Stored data
══════════
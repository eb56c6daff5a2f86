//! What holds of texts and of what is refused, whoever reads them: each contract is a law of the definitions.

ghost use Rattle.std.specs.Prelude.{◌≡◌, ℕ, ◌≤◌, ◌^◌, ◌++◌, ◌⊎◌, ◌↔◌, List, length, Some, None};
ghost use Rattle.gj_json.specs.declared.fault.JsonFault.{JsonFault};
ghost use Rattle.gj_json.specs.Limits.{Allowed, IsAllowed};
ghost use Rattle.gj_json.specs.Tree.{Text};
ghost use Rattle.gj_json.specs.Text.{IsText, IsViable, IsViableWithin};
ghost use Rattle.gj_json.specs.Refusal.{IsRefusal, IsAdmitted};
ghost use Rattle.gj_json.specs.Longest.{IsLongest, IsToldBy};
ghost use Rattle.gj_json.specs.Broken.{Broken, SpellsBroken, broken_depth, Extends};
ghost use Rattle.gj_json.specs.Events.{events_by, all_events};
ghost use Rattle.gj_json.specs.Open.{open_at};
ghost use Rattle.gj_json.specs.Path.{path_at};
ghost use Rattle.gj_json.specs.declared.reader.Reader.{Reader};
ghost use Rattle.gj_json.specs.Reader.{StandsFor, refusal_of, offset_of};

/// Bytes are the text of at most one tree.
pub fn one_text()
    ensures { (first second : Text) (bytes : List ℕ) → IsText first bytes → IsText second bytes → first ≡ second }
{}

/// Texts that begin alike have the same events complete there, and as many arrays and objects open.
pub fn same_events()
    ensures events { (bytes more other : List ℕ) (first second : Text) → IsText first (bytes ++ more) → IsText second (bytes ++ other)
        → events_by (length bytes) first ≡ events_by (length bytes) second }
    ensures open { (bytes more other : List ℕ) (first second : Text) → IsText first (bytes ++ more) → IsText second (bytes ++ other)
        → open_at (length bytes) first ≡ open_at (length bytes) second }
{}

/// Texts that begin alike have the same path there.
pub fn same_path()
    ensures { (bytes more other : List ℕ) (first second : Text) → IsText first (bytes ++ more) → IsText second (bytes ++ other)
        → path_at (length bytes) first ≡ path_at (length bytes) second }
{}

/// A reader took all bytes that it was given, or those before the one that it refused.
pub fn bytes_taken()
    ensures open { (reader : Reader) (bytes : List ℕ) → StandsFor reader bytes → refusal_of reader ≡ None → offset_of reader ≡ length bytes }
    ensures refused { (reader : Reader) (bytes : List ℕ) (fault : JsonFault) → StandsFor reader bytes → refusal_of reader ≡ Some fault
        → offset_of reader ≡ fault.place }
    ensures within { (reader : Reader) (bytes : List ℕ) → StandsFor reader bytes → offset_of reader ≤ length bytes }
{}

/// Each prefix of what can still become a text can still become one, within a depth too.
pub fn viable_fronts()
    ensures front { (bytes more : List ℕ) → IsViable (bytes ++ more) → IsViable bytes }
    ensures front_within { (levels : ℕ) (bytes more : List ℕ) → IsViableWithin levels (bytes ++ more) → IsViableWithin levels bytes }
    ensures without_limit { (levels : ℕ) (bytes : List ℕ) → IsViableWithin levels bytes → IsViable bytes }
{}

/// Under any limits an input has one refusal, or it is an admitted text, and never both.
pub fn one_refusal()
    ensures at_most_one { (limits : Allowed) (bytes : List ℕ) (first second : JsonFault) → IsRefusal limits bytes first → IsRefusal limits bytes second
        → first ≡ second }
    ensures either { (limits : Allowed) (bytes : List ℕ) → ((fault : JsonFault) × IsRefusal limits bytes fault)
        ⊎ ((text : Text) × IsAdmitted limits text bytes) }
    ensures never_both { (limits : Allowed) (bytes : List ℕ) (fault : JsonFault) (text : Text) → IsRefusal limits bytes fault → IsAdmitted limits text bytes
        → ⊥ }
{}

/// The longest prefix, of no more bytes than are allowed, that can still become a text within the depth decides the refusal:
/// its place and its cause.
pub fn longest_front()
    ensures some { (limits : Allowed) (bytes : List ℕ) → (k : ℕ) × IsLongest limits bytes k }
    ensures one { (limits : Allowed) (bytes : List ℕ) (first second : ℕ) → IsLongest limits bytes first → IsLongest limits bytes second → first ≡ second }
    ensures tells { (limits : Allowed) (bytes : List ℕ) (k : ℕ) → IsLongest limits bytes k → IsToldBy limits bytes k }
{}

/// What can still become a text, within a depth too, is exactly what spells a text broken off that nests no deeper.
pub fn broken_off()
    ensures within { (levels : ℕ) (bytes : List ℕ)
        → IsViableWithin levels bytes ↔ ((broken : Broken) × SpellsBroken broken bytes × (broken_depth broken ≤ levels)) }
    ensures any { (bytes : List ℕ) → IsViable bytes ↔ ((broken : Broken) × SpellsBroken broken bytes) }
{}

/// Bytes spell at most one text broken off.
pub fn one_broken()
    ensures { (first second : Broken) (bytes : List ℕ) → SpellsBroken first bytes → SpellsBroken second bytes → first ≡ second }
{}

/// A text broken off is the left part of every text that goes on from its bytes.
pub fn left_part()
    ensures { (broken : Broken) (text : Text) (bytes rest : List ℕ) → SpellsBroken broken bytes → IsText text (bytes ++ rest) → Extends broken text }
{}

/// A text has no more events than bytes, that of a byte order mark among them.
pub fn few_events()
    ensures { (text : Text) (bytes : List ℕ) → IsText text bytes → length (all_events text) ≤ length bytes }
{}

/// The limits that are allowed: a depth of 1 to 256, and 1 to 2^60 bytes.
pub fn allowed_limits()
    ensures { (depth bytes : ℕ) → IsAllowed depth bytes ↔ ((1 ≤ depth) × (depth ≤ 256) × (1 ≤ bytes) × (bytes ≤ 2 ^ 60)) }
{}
══════════
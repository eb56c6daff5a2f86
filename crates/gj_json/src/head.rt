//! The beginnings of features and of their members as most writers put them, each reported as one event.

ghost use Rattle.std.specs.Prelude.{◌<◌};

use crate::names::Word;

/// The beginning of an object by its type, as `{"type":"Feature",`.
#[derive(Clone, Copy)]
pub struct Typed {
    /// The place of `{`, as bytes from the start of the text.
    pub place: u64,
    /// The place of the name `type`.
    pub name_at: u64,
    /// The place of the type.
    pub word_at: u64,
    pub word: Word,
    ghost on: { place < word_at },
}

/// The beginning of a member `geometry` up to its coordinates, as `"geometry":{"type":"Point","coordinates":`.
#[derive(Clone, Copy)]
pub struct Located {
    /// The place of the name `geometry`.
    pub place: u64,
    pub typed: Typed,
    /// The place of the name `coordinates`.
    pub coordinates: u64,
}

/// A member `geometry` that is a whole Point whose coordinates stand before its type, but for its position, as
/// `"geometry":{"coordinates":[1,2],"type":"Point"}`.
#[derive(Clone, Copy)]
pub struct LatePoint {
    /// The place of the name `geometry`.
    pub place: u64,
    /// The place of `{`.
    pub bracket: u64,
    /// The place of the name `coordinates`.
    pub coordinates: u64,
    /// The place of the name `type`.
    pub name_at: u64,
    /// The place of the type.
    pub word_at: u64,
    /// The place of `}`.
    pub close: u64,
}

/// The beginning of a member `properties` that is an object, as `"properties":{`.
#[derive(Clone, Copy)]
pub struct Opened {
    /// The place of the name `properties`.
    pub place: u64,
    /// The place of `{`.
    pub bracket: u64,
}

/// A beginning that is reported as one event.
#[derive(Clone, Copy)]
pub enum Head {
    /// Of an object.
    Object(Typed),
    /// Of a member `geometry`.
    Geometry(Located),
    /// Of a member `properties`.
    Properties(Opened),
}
══════════
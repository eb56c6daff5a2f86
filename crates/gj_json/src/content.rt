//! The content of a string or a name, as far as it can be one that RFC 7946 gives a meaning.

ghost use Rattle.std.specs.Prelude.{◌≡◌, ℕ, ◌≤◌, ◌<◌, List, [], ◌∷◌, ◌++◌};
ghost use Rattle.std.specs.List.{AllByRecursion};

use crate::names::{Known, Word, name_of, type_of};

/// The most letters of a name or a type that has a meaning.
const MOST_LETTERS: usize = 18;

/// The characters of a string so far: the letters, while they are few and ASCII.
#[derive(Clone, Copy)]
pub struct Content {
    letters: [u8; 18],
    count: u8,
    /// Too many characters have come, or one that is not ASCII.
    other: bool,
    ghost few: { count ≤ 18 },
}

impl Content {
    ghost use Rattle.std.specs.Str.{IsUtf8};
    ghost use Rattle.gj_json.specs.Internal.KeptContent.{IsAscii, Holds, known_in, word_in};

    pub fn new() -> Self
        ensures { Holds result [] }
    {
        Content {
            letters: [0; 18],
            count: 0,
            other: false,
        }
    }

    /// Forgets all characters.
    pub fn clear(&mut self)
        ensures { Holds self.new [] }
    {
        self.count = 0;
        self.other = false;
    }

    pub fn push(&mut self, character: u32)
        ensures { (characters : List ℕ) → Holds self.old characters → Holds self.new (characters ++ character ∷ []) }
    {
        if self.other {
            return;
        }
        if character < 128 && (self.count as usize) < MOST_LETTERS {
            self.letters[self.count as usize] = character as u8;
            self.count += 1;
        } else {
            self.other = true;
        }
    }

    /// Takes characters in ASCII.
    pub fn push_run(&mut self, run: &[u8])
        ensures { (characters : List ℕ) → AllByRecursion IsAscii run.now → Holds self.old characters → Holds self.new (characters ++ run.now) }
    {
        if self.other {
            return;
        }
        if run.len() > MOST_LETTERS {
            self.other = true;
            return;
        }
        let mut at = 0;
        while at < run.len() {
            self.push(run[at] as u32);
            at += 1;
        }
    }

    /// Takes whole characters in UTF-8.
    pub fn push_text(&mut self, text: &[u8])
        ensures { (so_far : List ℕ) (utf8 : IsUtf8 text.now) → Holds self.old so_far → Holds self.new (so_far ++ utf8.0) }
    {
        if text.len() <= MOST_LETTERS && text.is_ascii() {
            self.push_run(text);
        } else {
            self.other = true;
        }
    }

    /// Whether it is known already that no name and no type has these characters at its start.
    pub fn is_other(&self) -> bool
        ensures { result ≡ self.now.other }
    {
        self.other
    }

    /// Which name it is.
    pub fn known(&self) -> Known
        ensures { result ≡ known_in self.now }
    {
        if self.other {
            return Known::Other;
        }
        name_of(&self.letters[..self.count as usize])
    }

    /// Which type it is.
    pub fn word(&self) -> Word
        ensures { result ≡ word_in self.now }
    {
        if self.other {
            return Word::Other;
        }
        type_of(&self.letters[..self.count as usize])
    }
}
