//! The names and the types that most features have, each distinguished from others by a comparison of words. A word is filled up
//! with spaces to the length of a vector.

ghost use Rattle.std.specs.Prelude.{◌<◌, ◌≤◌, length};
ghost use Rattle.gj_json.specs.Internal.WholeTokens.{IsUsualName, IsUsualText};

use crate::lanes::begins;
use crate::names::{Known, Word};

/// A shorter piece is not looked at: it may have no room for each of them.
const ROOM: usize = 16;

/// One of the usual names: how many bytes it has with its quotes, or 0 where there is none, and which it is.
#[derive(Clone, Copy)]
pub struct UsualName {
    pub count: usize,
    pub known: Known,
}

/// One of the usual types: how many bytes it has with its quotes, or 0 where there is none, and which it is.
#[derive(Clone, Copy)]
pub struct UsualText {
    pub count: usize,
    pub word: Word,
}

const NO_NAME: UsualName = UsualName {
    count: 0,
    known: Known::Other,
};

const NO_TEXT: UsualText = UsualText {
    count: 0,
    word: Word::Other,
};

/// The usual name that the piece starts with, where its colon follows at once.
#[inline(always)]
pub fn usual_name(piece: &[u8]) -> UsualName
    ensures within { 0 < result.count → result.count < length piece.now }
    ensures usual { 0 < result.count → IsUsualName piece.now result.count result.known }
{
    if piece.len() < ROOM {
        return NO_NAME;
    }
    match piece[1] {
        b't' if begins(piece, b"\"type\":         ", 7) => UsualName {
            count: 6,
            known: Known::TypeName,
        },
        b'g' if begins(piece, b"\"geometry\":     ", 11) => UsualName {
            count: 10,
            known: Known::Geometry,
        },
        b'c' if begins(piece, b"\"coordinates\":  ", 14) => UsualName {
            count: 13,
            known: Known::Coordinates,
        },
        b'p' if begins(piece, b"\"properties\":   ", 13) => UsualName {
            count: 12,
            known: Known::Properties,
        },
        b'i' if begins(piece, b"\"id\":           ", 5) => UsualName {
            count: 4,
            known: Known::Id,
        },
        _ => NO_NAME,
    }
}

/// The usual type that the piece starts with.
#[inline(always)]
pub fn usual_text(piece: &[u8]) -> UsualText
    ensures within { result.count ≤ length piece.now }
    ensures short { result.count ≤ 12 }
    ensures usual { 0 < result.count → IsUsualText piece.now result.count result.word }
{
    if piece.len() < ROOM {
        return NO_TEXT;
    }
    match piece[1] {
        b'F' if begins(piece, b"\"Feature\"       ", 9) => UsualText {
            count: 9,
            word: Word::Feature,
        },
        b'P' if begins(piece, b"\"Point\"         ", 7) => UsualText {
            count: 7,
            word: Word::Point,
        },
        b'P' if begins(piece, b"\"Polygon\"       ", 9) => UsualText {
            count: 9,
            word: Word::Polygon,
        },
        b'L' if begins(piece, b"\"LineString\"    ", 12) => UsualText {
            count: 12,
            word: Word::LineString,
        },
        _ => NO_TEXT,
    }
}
══════════
Work task
Give only a number: how many lines of the data hold the string "them"?

Task result
4